Download or read book What Every American Should Know About the Rest of the World written by Melissa Rossi and published by Penguin. This book was released on 2003-04-29 with total page 404 pages. Available in PDF, EPUB and Kindle. Book excerpt: Confused about the news? Slip out of the room when friends talk current events? Now you can keep up with ease and learn to talk like a diplomat. Among the things you’ll soon be able to slip into everyday conversation: What is the difference between Kurdistan and Kazakhstan? Why did North Korea’s leader kidnap his favorite actress? Why is Osama bin Laden so mad? Which countries still have slaves? Why is Kashmir “the most dangerous place in the world?” What country has the most Muslims? Why are they fighting in Chechnya?
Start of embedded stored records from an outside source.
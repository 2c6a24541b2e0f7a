// The registers that functions save, and those that have words in their frames.
ghost use Rattle.std.specs.Prelude.{◌≡◌, ◌<◌, ◌≤◌, [], false, IfOk, slice_index_or};
ghost use Rattle.low_ir.specs.Places.{machine_registers};
ghost use Rattle.image_frames.specs.Registers.{holds, chosen};
ghost use Rattle.image_frames.specs.Needs.{outline_at};
ghost use Rattle.image_saving.specs.Saved.{is_saved, saved_by, columns_of};

use super::spreading::needing;
use super::walks::Outline;
use std::alloc::Global;
use wcc_base::{Items, Memory};

/// By register, and by function, whether those that wait for the function need the register.
pub fn columns(alloc: Global, outlines: &[Outline]) -> Result<Vec<Items<bool>>, Memory>
    ensures { IfOk result (λ columns. columns.items ≡ columns_of outlines.now) }
{
    let mut columns = Vec::new(alloc);
    for register in 0..24 {
        columns.push(Items::new(needing(alloc, outlines, register)?))?;
    }
    Ok(columns)
}

fn is_needed(columns: &[Items<bool>], function: usize, register: usize) -> bool
    ensures { result ≡ slice_index_or (slice_index_or columns.now register []) function false }
{
    match columns.get(register) {
        Some(column) => match column.as_slice().get(function) {
            Some(needed) => *needed,
            None => false,
        },
        None => false,
    }
}

#[tactic(auto, using(crate::proofs::KeptLemmas::written_past))]
fn is_written(outlines: &[Outline], function: usize, register: usize) -> bool
    requires { register < machine_registers }
    ensures { result ≡ holds (outline_at outlines.now function).written register }
{
    if function < outlines.len() {
        let outline = &outlines[function];
        outline.written[register]
    } else {
        false
    }
}

#[tactic(auto, using(crate::proofs::ColumnLemmas::column_is))]
fn is_saved(outlines: &[Outline], columns: &[Items<bool>], function: usize, register: usize) -> bool
    requires register { register < machine_registers }
    requires columns { columns.now ≡ columns_of outlines.now }
    ensures { result ≡ is_saved outlines.now function register }
{
    is_written(outlines, function, register) && is_needed(columns, function, register)
}

#[tactic(auto, using(crate::proofs::ColumnLemmas::chosen_down))]
fn saved_below(
    alloc: Global,
    outlines: &[Outline],
    columns: &[Items<bool>],
    function: usize,
    count: usize,
) -> Result<Vec<u8>, Memory>
    requires columns { columns.now ≡ columns_of outlines.now }
    requires count { count ≤ machine_registers }
    ensures { IfOk result (λ registers. registers.items ≡ chosen (is_saved outlines.now function) count) }
{
    let mut registers = Vec::new(alloc);
    let mut left = count;
    while left > 0 {
        left -= 1;
        if is_saved(outlines, columns, function, left) {
            registers.push(left as u8)?;
        }
    }
    Ok(registers)
}

/// The registers that a function saves, the highest first.
pub fn saved(
    alloc: Global,
    outlines: &[Outline],
    columns: &[Items<bool>],
    function: usize,
) -> Result<Vec<u8>, Memory>
    requires { columns.now ≡ columns_of outlines.now }
    ensures { IfOk result (λ registers. registers.items ≡ saved_by outlines.now function) }
{
    saved_below(alloc, outlines, columns, function, 24)
}

#[tactic(auto, using(crate::proofs::ColumnLemmas::chosen_down))]
fn homes_below(alloc: Global, outline: &Outline, count: usize) -> Result<Vec<u8>, Memory>
    requires { count ≤ machine_registers }
    ensures { IfOk result (λ registers. registers.items ≡ chosen (holds outline.now.housed) count) }
{
    let mut registers = Vec::new(alloc);
    let mut left = count;
    while left > 0 {
        left -= 1;
        if outline.housed[left] {
            registers.push(left as u8)?;
        }
    }
    Ok(registers)
}

/// The registers that have words in the frame of a function, the highest first.
pub fn homes(alloc: Global, outline: &Outline) -> Result<Vec<u8>, Memory>
    ensures { IfOk result (λ registers. registers.items ≡ chosen (holds outline.now.housed) machine_registers) }
{
    homes_below(alloc, outline, 24)
}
What little box prompted Hutus to kill Tutsis? Who is Prince Turki and how did his hunting trip change history? How are cows fueling the fighting between India's Muslims and Hindus? Which country drew maps that have resulted in the most intractable wars? What is controversial UN Resolution 242? What makes Qatar stand out? What country does Sumatran coffee come from? What country’s fakes forced the US to redesign the $100 bill? Who is the FARC and why have they been fighting for decades? An entertaining guide to political science, current events, foreign affairs, and history, What Every American Should Know about the Rest of the World gives you the vocabulary and background you need to decipher the modern world in a simple-to-understand format.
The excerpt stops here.